Я была бы в отчаянии, покидая Рим, к которому я так привыкла, если бы около четырех часов, при виде новолуния, мне не блеснула одна идея.
— Видишь ты этот месяц? — спросила я у Дины.
— Да, ответила она.
— Ну, так этот серп будет прекраснейшей луной через одиннадцать-двенадцать дней.
— Конечно.
— Видела ты Колизей при свете луны?
— Да.
— А я не видела.
— Знаю.
— Но ты, может быть, не знаешь, что я хочу его видеть.
— Возможно.
— Да. Откуда следует, что через десять или двенадцать дней я снова буду в Риме, столько же для бегов, сколько для Колизея.
— О!
— Да. Я поеду с тетей. И это будет славно; без тебя, без мамы, а с тетей! Мы будем преспокойно прогуливаться, и я буду очень веселиться.
— Хорошо, — говорит мама, — так это и будет, я тебе обещаю!
И она поцеловала меня в обе щеки.
В одиннадцать часов я уже легла, чтоб не видеть маслин и красноватой земли, а в час мы уже подъезжали к вокзалу Ниццы, к величайшей радости тети, которая очень волновалась, пришедши нам на встречу в сопровождении m-lle Колиньон, С. и т. д., и т. д.

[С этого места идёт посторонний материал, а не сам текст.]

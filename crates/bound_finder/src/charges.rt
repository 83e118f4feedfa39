//! The bounds of the loops of a method, and which of them are charged the loads of what may run in them.
ghost use Rattle.std.specs.Prelude.{◌≡◌, ◌*◌, ◌<◌, ℕ, List, None, length, map, is_some, unwrap_or, slice_index, slice_index_or, false, true, All, IfOk, IfErr};
ghost use Rattle.std.specs.Prelude.{MatchBool, MatchOption};
ghost use Rattle.loop_nest.specs.Nest.{headers_of};
ghost use Rattle.compact_walks.specs.Moving.{moved_nest};
ghost use Rattle.bound_finder.specs.Known.{bounds_in, ForEach};
ghost use Rattle.path_solver.specs.Reaching.{IsFlagged};
ghost use Rattle.path_solver.specs.Regions.{AreRegionsApart};
ghost use Rattle.compact_walks.specs.Charging.{AreMarked, AreOutermost};
ghost use Rattle.method_flow.specs.declared.flow.Call.{Call};
ghost use Rattle.method_flow.specs.Flow.{IsCoded};
ghost use Rattle.bound_finder.specs.Prepared.{AreAllSome, AreBounds, AreCallNodes, AreCallNodesOf};
ghost use Rattle.bound_finder.specs.Prepared.{AreCandidates, AreChargesOf, IsCallAt, IsCandidate, IsNoneOf};
ghost use Rattle.bound_finder.specs.Prepared.{IsShapeOf, IsUnbounded, node_of};
ghost use Rattle.loop_nest.specs.Digraph.{Digraph};

use super::shape::Shape;
use super::task::Task;
use base::NoMemory;
use bound_rules::BoundRefusal;
use call_regions::{Region, loop_region};
use compact_walks::laws::outermost_are_apart;
use compact_walks::{numbers, outermost};
use loop_nest::loops::Loop;
use method_flow::laws::rows_are_of_their_kinds;
use method_flow::{Call, FlowMethod};
use node_costs::{bounds_of_headers, loads};
use opcodes::laws::starts_follow_one_another;
use std::alloc::Global;

/// Which loops of a nest are charged at each entry, and the loads of each of these.
#[derive(Drop)]
pub struct Charges {
    pub flags: Vec<bool>,
    pub loads: Vec<u64>,
}

/// The headers of the loops, by the numbers of nodes.
fn headers(alloc: Global, s: &Shape) -> Result<Vec<u32>, NoMemory>
    requires { (g : Digraph) × IsShapeOf g s.now }
    ensures { IfOk result (λ v. v.items ≡ headers_of (moved_nest (node_of s.now) s.now.nest)) }
{
    let mut headers = Vec::new(alloc);
    for l in s.nest.loops() {
        headers.push(s.nodes.as_slice()[l.header() as usize])?;
    }
    Ok(headers)
}

/// The first of these that is none.
fn first_none(found: &[Option<u32>]) -> Option<usize>
    ensures { MatchOption result (AreAllSome found.now) (λ i. (i < length found.now) × (slice_index_or found.now i None ≡ None)) }
{
    for i in 0..found.len() {
        if found[i].is_none() {
            return Some(i);
        }
    }
    None
}

/// The bounds that are there, and 0 for the others.
fn bounds_or_none(alloc: Global, found: &[Option<u32>]) -> Result<Vec<u32>, NoMemory>
    ensures { IfOk result (λ v. v.items ≡ map (λ o. unwrap_or o 0) found.now) }
{
    let mut bounds = Vec::new(alloc);
    for bound in found {
        bounds.push(bound.unwrap_or(0))?;
    }
    Ok(bounds)
}

/// The bounds, where each of the loops has one; else the first place that lacks one.
fn all_bounds(
    alloc: Global,
    m: u32,
    headers: &[u32],
    found: &[Option<u32>],
) -> Result<Vec<u32>, BoundRefusal>
    requires { length found.now ≡ length headers.now }
    ensures bounds { IfOk result (λ v. AreAllSome found.now × (v.items ≡ map (λ o. unwrap_or o 0) found.now)) }
    ensures cause { IfErr result (IsNoneOf m headers.now found.now) }
{
    if let Some(i) = first_none(found) {
        return Err(BoundRefusal::MissingBound(m, headers[i] / 2));
    }
    match bounds_or_none(alloc, found) {
        Ok(bounds) => Ok(bounds),
        Err(NoMemory) => Err(BoundRefusal::NoMemory),
    }
}

/// The bounds of the loops of the method `m`.
pub fn loop_bounds(
    alloc: Global,
    task: &Task<'_>,
    m: u32,
    s: &Shape,
) -> Result<Vec<u32>, BoundRefusal>
    requires method { m < length task.now.flow.methods }
    requires shape { (g : Digraph) × IsShapeOf g s.now }
    ensures bounds { IfOk result (λ v. AreBounds (bounds_in task.now) m s.now v.items) }
    ensures cause { IfErr result (IsUnbounded (bounds_in task.now) m s.now) }
{
    let Ok(headers) = headers(alloc, s) else {
        return Err(BoundRefusal::NoMemory);
    };
    match bounds_of_headers(alloc, task.flow(), task.bounds(), m, &headers) {
        Ok(found) => all_bounds(alloc, m, &headers, &found),
        Err(NoMemory) => Err(BoundRefusal::NoMemory),
    }
}

/// Flags the nodes of these calls.
fn mark_calls(calls: &[Call], flags: &mut [bool])
    requires { All (λ c. 2 * c.place < length flags.old) calls.now }
    ensures { AreMarked (map (λ c. 2 * c.place) calls.now) flags.old flags.new }
{
    for call in calls {
        flags[2 * call.place as usize] = true;
    }
}

/// For each node of a method whether it is one of its invokes.
fn call_nodes(alloc: Global, k: &FlowMethod) -> Result<Vec<bool>, NoMemory>
    ensures nodes { IfOk result (λ flags. AreCallNodes k.now.calls flags.items) }
    ensures form { IsCoded k.now }
{
    starts_follow_one_another();
    let mut flags = vec![in alloc; false; 2 * k.code().len()]?;
    mark_calls(k.calls(), &mut flags);
    Ok(flags)
}

/// Whether a node is flagged.
fn is_flagged(flags: &[bool], u: u32) -> bool
    ensures { result ≡ slice_index_or flags.now u false }
{
    flags.get(u as usize).copied().unwrap_or(false)
}

/// Whether an invoke is among these nodes, where it is said of each node whether it is one.
fn has_call(call_nodes: &[bool], members: &[u32]) -> bool
    ensures { (calls : List Call) → AreCallNodes calls call_nodes.now → MatchBool result (IsCallAt calls members.now) (¬ IsCallAt calls members.now) }
{
    for u in members {
        if is_flagged(call_nodes, *u) {
            return true;
        }
    }
    false
}

/// The loads of what may run in a loop of the method `m` with these members, if an invoke is among them and it all fits the cache.
fn candidate(
    alloc: Global,
    task: &Task<'_>,
    m: u32,
    call_nodes: &[bool],
    members: &[u32],
) -> Result<Option<u64>, NoMemory>
    requires method { m < length task.now.flow.methods }
    requires calls { AreCallNodesOf task.now m call_nodes.now }
    ensures { IfOk result (λ o. ForEach task.now (λ P. IsCandidate P task.now.timing m members.now o)) }
{
    starts_follow_one_another();
    rows_are_of_their_kinds();
    if !has_call(call_nodes, members) {
        return Ok(None);
    }
    let t = task.timing();
    match loop_region(alloc, task.flow(), m, members, t.blocks, t.block_words)? {
        Region::Fits(methods) => Ok(Some(loads(task.flow(), methods.as_slice(), t.read))),
        Region::Exceeds => Ok(None),
    }
}

/// The same of a loop of its compact graph.
fn loop_candidate(
    alloc: Global,
    task: &Task<'_>,
    m: u32,
    nodes: &[u32],
    call_nodes: &[bool],
    l: &Loop,
) -> Result<Option<u64>, NoMemory>
    requires method { m < length task.now.flow.methods }
    requires calls { AreCallNodesOf task.now m call_nodes.now }
    requires within { All (λ u. u < length nodes.now) l.now.members }
    ensures { IfOk result (λ o. ForEach task.now (λ P. IsCandidate P task.now.timing m (map (slice_index nodes.now) l.now.members) o)) }
{
    let members = numbers(alloc, nodes, l.members())?;
    candidate(alloc, task, m, call_nodes, &members)
}

/// The same of each of the loops.
fn loop_candidates(
    alloc: Global,
    task: &Task<'_>,
    m: u32,
    s: &Shape,
    call_nodes: &[bool],
) -> Result<Vec<Option<u64>>, NoMemory>
    requires method { m < length task.now.flow.methods }
    requires shape { (g : Digraph) × IsShapeOf g s.now }
    requires calls { AreCallNodesOf task.now m call_nodes.now }
    ensures long { IfOk result (λ v. length v.items ≡ length s.now.nest) }
    ensures each { IfOk result (λ v. ForEach task.now (λ P. AreCandidates P task.now.timing m s.now v.items)) }
{
    let nodes = s.nodes.as_slice();
    let mut candidates = Vec::new(alloc);
    for l in s.nest.loops() {
        candidates.push(loop_candidate(alloc, task, m, nodes, call_nodes, l)?)?;
    }
    Ok(candidates)
}

/// The same, where the invokes among the nodes are to be found.
fn candidates(
    alloc: Global,
    task: &Task<'_>,
    m: u32,
    s: &Shape,
) -> Result<Vec<Option<u64>>, NoMemory>
    requires method { m < length task.now.flow.methods }
    requires shape { (g : Digraph) × IsShapeOf g s.now }
    ensures long { IfOk result (λ v. length v.items ≡ length s.now.nest) }
    ensures each { IfOk result (λ v. ForEach task.now (λ P. AreCandidates P task.now.timing m s.now v.items)) }
{
    let call_nodes = call_nodes(alloc, task.method(m))?;
    loop_candidates(alloc, task, m, s, &call_nodes)
}

/// Which of these are there.
fn are_some(alloc: Global, candidates: &[Option<u64>]) -> Result<Vec<bool>, NoMemory>
    ensures { IfOk result (λ v. v.items ≡ map is_some candidates.now) }
{
    let mut flags = Vec::new(alloc);
    for candidate in candidates {
        flags.push(candidate.is_some())?;
    }
    Ok(flags)
}

/// The loads that are there, and 0 for the others.
fn loads_or_none(alloc: Global, candidates: &[Option<u64>]) -> Result<Vec<u64>, NoMemory>
    ensures { IfOk result (λ v. v.items ≡ map (λ o. unwrap_or o 0) candidates.now) }
{
    let mut loads = Vec::new(alloc);
    for candidate in candidates {
        loads.push(candidate.unwrap_or(0))?;
    }
    Ok(loads)
}

/// No charges.
fn no_charges(alloc: Global, loops: usize) -> Result<Charges, NoMemory>
    ensures long { IfOk result (λ c. (length c.flags.items ≡ loops) × (length c.loads.items ≡ loops)) }
    ensures none { IfOk result (λ c. (i : ℕ) → ¬ IsFlagged c.flags.items i) }
{
    let flags = vec![in alloc; false; loops]?;
    let loads = vec![in alloc; 0; loops]?;
    Ok(Charges { flags, loads })
}

/// The charges where the method's region doesn't fit the cache.
fn outermost_charges(
    alloc: Global,
    s: &Shape,
    candidates: &[Option<u64>],
) -> Result<Charges, NoMemory>
    requires shape { (g : Digraph) × IsShapeOf g s.now }
    requires long { length candidates.now ≡ length s.now.nest }
    ensures flags { IfOk result (λ c. AreOutermost s.now.nest (map is_some candidates.now) c.flags.items) }
    ensures loads { IfOk result (λ c. c.loads.items ≡ map (λ o. unwrap_or o 0) candidates.now) }
{
    let flags = are_some(alloc, candidates)?;
    let flags = outermost(alloc, &s.nest, &flags, s.graph.nodes() as usize)?;
    let loads = loads_or_none(alloc, candidates)?;
    Ok(Charges { flags, loads })
}

/// The charges of the loops of the method `m`, where it is said whether all that may run while it does fits the cache together.
pub fn charges_of(
    alloc: Global,
    task: &Task<'_>,
    m: u32,
    s: &Shape,
    fits: bool,
) -> Result<Charges, NoMemory>
    requires method { m < length task.now.flow.methods }
    requires shape { (g : Digraph) × IsShapeOf g s.now }
    ensures flags { IfOk result (λ c. length c.flags.items ≡ length s.now.nest) }
    ensures loads { IfOk result (λ c. length c.loads.items ≡ length s.now.nest) }
    ensures apart { IfOk result (λ c. AreRegionsApart s.now.nest c.flags.items) }
    ensures none { IfOk result (λ c. fits ≡ true → (i : ℕ) → ¬ IsFlagged c.flags.items i) }
    ensures charges { IfOk result (λ c. ForEach task.now (λ P. AreChargesOf P task.now.timing m s.now fits c)) }
{
    if fits {
        return no_charges(alloc, s.nest.loops().len());
    }
    outermost_are_apart();
    let candidates = candidates(alloc, task, m, s)?;
    outermost_charges(alloc, s, &candidates)
}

— Вы знаете, — кричала я им, еще прежде, чем открыли дверцы, — мне очень досадно, что я должна была возвратиться, и это только оттого, что иначе было невозможно.
И я обняла их всех зараз.
Дом омеблирован очаровательнейшим образом; моя комната ослепительна, обитая небесно-голубым атласом с пуговками. Открыв дверь на балкон и взглянув на наш красивый сад, бульвар и море, я должна была высказать вслух:
— Чтобы ни говорили, ничего не может быть такого очаровательно-простого и чудно-поэтического, как Ницца!
Говорят о чудесах Неаполя; что до меня — я предпочитаю Ниццу. Здесь берег свободно купается в море, а там оно загорожено глупой стеной с перилами, и даже этот жалкий берег застроен лавками, бараками и всякой гадостью.
«Думайте иногда обо мне, а я только о вас буду думать!»